▶ [Records supplied]
// Terms and packed values: the form, the numbers and types that stand in front, the parts.

use crate::patterns::write_pattern;
use crate::sheet::Sheet;
use crate::types::write_type;
use ac_terms::{Arm, Home, PVal, Term};
use ac_types::Exn;

fn form(term: &Term) -> &'static [u8] {
    match term {
        Term::ExnOf(exn, _) => exn.name(),
        Term::Prim(primitive, _) => primitive.name(),
        Term::Tuple(_) => b"tuple",
        Term::Nil(_) => b"[]",
        Term::Empty(_) => b"None",
        Term::Present(_) => b"Some",
        Term::Cons(_, _) => b"::",
        Term::Var(_) => b"var",
        Term::Own(_) => b"own",
        Term::Ref(_, _) => b"ref",
        term => word(term),
    }
}

fn word(term: &Term) -> &'static [u8] {
    match term {
        Term::Lam(_, _) => b"fun",
        Term::Rec(_, _, _) => b"rec",
        Term::App(_, _) => b"app",
        Term::Let(_, _, _) => b"let",
        Term::If(_, _, _) => b"if",
        Term::Seq(_) => b";",
        Term::Match(_, _) => b"match",
        Term::Try(_, _) => b"try",
        Term::Raise(_, _) => b"raise",
        Term::Marshal(_, _, _) => b"marshal",
        Term::Unmarshal(_, _) => b"unmarshal",
        Term::Val(_, _) => b"captured",
        _ => b"?",
    }
}

// What stands in front of the parts.
fn front(sheet: &mut Sheet, term: &Term) {
    match term {
        Term::Var(number) | Term::Own(number) => sheet.number(i64::from(*number)),
        Term::Ref(number, word) => {
            sheet.number(i64::from(*number));
            sheet.word(word);
        }
        Term::Nil(ty)
        | Term::Empty(ty)
        | Term::Lam(ty, _)
        | Term::Let(ty, _, _)
        | Term::Raise(ty, _)
        | Term::Marshal(ty, _, _)
        | Term::Unmarshal(ty, _)
        | Term::Val(ty, _) => write_type(sheet, ty),
        Term::Rec(from, to, _) => {
            write_type(sheet, from);
            write_type(sheet, to);
        }
        _ => {}
    }
}

/// Adds a term.
#[cycle(terms)]
pub fn write_term(sheet: &mut Sheet, term: &Term) {
    match term {
        Term::Int(number) => sheet.number(*number),
        Term::Bool(true) => sheet.leaf(b"true"),
        Term::Bool(false) => sheet.leaf(b"false"),
        Term::Str(text) => sheet.string(text),
        Term::Unit => sheet.leaf(b"()"),
        Term::ExnVal(exn) => sheet.leaf(exn.name()),
        term => {
            sheet.open(form(term));
            front(sheet, term);
            write_parts(sheet, term);
            sheet.close();
        }
    }
}

#[cycle(terms)]
fn write_parts(sheet: &mut Sheet, term: &Term) {
    match term {
        Term::ExnOf(_, part)
        | Term::Present(part)
        | Term::Lam(_, part)
        | Term::Rec(_, _, part)
        | Term::Raise(_, part)
        | Term::Unmarshal(_, part) => write_term(sheet, part),
        Term::Cons(first, second)
        | Term::App(first, second)
        | Term::Let(_, first, second)
        | Term::Marshal(_, first, second) => {
            write_term(sheet, first);
            write_term(sheet, second);
        }
        Term::If(test, so, otherwise) => {
            write_term(sheet, test);
            write_term(sheet, so);
            write_term(sheet, otherwise);
        }
        Term::Tuple(parts) | Term::Seq(parts) | Term::Prim(_, parts) => {
            write_terms(sheet, parts.as_slice());
        }
        Term::Match(of, arms) | Term::Try(of, arms) => {
            write_term(sheet, of);
            write_arms(sheet, arms.as_slice());
        }
        Term::Val(_, value) => write_value(sheet, value),
        _ => {}
    }
}

#[cycle(terms)]
fn write_terms(sheet: &mut Sheet, terms: &[Term]) {
    for term in terms {
        write_term(sheet, term);
    }
}

#[cycle(terms)]
fn write_arms(sheet: &mut Sheet, arms: &[Arm]) {
    for arm in arms {
        write_pattern(sheet, &arm.pat);
        write_term(sheet, &arm.body);
    }
}

fn write_exn(sheet: &mut Sheet, exn: &Exn) {
    match exn {
        Exn::Bare(exn) => sheet.leaf(exn.name()),
        Exn::Text(exn, text) => {
            sheet.open(exn.name());
            sheet.string(text);
            sheet.close();
        }
    }
}

fn write_home(sheet: &mut Sheet, home: Home) {
    match home {
        Home::Main => sheet.leaf(b"main"),
        Home::In(number) => sheet.number(i64::from(number)),
    }
}

/// Adds a packed value.
#[cycle(terms)]
pub fn write_value(sheet: &mut Sheet, value: &PVal) {
    match value {
        PVal::Int(number) => sheet.number(*number),
        PVal::Bool(true) => sheet.leaf(b"true"),
        PVal::Bool(false) => sheet.leaf(b"false"),
        PVal::Str(text) => sheet.string(text),
        PVal::Unit => sheet.leaf(b"()"),
        PVal::Exn(exn) => write_exn(sheet, exn),
        PVal::Absent => sheet.leaf(b"None"),
        value => write_whole(sheet, value),
    }
}

// A value with parts.
#[cycle(terms)]
fn write_whole(sheet: &mut Sheet, value: &PVal) {
    match value {
        PVal::Tuple(parts) => write_values(sheet, b"tuple", parts.as_slice()),
        PVal::List(items) => write_values(sheet, b"list", items.as_slice()),
        PVal::Present(item) => {
            sheet.open(b"Some");
            write_value(sheet, item);
            sheet.close();
        }
        PVal::Fun(home, term) => {
            sheet.open(b"function");
            write_home(sheet, *home);
            write_term(sheet, term);
            sheet.close();
        }
        _ => {}
    }
}

#[cycle(terms)]
fn write_values(sheet: &mut Sheet, form: &[u8], values: &[PVal]) {
    sheet.open(form);
    for value in values {
        write_value(sheet, value);
    }
    sheet.close();
}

▶ [What you will do] Reproduce the whole listing above exactly.

▶ [Answer to this problem]
// Terms and packed values: the form, the numbers and types that stand in front, the parts.

use crate::patterns::write_pattern;
use crate::sheet::Sheet;
use crate::types::write_type;
use ac_terms::{Arm, Home, PVal, Term};
use ac_types::Exn;

fn form(term: &Term) -> &'static [u8] {
    match term {
        Term::ExnOf(exn, _) => exn.name(),
        Term::Prim(primitive, _) => primitive.name(),
        Term::Tuple(_) => b"tuple",
        Term::Nil(_) => b"[]",
        Term::Empty(_) => b"None",
        Term::Present(_) => b"Some",
        Term::Cons(_, _) => b"::",
        Term::Var(_) => b"var",
        Term::Own(_) => b"own",
        Term::Ref(_, _) => b"ref",
        term => word(term),
    }
}

fn word(term: &Term) -> &'static [u8] {
    match term {
        Term::Lam(_, _) => b"fun",
        Term::Rec(_, _, _) => b"rec",
        Term::App(_, _) => b"app",
        Term::Let(_, _, _) => b"let",
        Term::If(_, _, _) => b"if",
        Term::Seq(_) => b";",
        Term::Match(_, _) => b"match",
        Term::Try(_, _) => b"try",
        Term::Raise(_, _) => b"raise",
        Term::Marshal(_, _, _) => b"marshal",
        Term::Unmarshal(_, _) => b"unmarshal",
        Term::Val(_, _) => b"captured",
        _ => b"?",
    }
}

// What stands in front of the parts.
fn front(sheet: &mut Sheet, term: &Term) {
    match term {
        Term::Var(number) | Term::Own(number) => sheet.number(i64::from(*number)),
        Term::Ref(number, word) => {
            sheet.number(i64::from(*number));
            sheet.word(word);
        }
        Term::Nil(ty)
        | Term::Empty(ty)
        | Term::Lam(ty, _)
        | Term::Let(ty, _, _)
        | Term::Raise(ty, _)
        | Term::Marshal(ty, _, _)
        | Term::Unmarshal(ty, _)
        | Term::Val(ty, _) => write_type(sheet, ty),
        Term::Rec(from, to, _) => {
            write_type(sheet, from);
            write_type(sheet, to);
        }
        _ => {}
    }
}

/// Adds a term.
#[cycle(terms)]
pub fn write_term(sheet: &mut Sheet, term: &Term) {
    match term {
        Term::Int(number) => sheet.number(*number),
        Term::Bool(true) => sheet.leaf(b"true"),
        Term::Bool(false) => sheet.leaf(b"false"),
        Term::Str(text) => sheet.string(text),
        Term::Unit => sheet.leaf(b"()"),
        Term::ExnVal(exn) => sheet.leaf(exn.name()),
        term => {
            sheet.open(form(term));
            front(sheet, term);
            write_parts(sheet, term);
            sheet.close();
        }
    }
}

#[cycle(terms)]
fn write_parts(sheet: &mut Sheet, term: &Term) {
    match term {
        Term::ExnOf(_, part)
        | Term::Present(part)
        | Term::Lam(_, part)
        | Term::Rec(_, _, part)
        | Term::Raise(_, part)
        | Term::Unmarshal(_, part) => write_term(sheet, part),
        Term::Cons(first, second)
        | Term::App(first, second)
        | Term::Let(_, first, second)
        | Term::Marshal(_, first, second) => {
            write_term(sheet, first);
            write_term(sheet, second);
        }
        Term::If(test, so, otherwise) => {
            write_term(sheet, test);
            write_term(sheet, so);
            write_term(sheet, otherwise);
        }
        Term::Tuple(parts) | Term::Seq(parts) | Term::Prim(_, parts) => {
            write_terms(sheet, parts.as_slice());
        }
        Term::Match(of, arms) | Term::Try(of, arms) => {
            write_term(sheet, of);
            write_arms(sheet, arms.as_slice());
        }
        Term::Val(_, value) => write_value(sheet, value),
        _ => {}
    }
}

#[cycle(terms)]
fn write_terms(sheet: &mut Sheet, terms: &[Term]) {
    for term in terms {
        write_term(sheet, term);
    }
}

#[cycle(terms)]
fn write_arms(sheet: &mut Sheet, arms: &[Arm]) {
    for arm in arms {
        write_pattern(sheet, &arm.pat);
        write_term(sheet, &arm.body);
    }
}

fn write_exn(sheet: &mut Sheet, exn: &Exn) {
    match exn {
        Exn::Bare(exn) => sheet.leaf(exn.name()),
        Exn::Text(exn, text) => {
            sheet.open(exn.name());
            sheet.string(text);
            sheet.close();
        }
    }
}

fn write_home(sheet: &mut Sheet, home: Home) {
    match home {
        Home::Main => sheet.leaf(b"main"),
        Home::In(number) => sheet.number(i64::from(number)),
    }
}

/// Adds a packed value.
#[cycle(terms)]
pub fn write_value(sheet: &mut Sheet, value: &PVal) {
    match value {
        PVal::Int(number) => sheet.number(*number),
        PVal::Bool(true) => sheet.leaf(b"true"),
        PVal::Bool(false) => sheet.leaf(b"false"),
        PVal::Str(text) => sheet.string(text),
        PVal::Unit => sheet.leaf(b"()"),
        PVal::Exn(exn) => write_exn(sheet, exn),
        PVal::Absent => sheet.leaf(b"None"),
        value => write_whole(sheet, value),
    }
}

// A value with parts.
#[cycle(terms)]
fn write_whole(sheet: &mut Sheet, value: &PVal) {
    match value {
        PVal::Tuple(parts) => write_values(sheet, b"tuple", parts.as_slice()),
        PVal::List(items) => write_values(sheet, b"list", items.as_slice()),
        PVal::Present(item) => {
            sheet.open(b"Some");
            write_value(sheet, item);
            sheet.close();
        }
        PVal::Fun(home, term) => {
            sheet.open(b"function");
            write_home(sheet, *home);
            write_term(sheet, term);
            sheet.close();
        }
        _ => {}
    }
}

#[cycle(terms)]
fn write_values(sheet: &mut Sheet, form: &[u8], values: &[PVal]) {
    sheet.open(form);
    for value in values {
        write_value(sheet, value);
    }
    sheet.close();
}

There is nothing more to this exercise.